◆ **DATASET RECORDS**:
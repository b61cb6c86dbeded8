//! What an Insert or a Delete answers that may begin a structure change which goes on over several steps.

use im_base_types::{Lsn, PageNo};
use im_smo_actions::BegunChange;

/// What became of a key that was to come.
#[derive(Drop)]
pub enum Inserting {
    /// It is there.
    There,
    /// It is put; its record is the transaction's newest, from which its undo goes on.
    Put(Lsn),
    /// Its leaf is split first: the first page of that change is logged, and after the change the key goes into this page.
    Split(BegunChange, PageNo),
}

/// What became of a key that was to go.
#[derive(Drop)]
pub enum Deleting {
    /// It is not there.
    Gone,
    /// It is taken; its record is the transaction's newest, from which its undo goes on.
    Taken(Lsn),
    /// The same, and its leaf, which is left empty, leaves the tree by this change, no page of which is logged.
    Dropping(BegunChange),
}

◆ **REQUIREMENT**: Return exactly the lines from the one containing "use im_smo_actions::BegunChange;" to the last line of the data, and nothing more.

◆ **SOLUTION FOR THIS TASK**:
use im_smo_actions::BegunChange;

/// What became of a key that was to come.
#[derive(Drop)]
pub enum Inserting {
    /// It is there.
    There,
    /// It is put; its record is the transaction's newest, from which its undo goes on.
    Put(Lsn),
    /// Its leaf is split first: the first page of that change is logged, and after the change the key goes into this page.
    Split(BegunChange, PageNo),
}

/// What became of a key that was to go.
#[derive(Drop)]
pub enum Deleting {
    /// It is not there.
    Gone,
    /// It is taken; its record is the transaction's newest, from which its undo goes on.
    Taken(Lsn),
    /// The same, and its leaf, which is left empty, leaves the tree by this change, no page of which is logged.
    Dropping(BegunChange),
}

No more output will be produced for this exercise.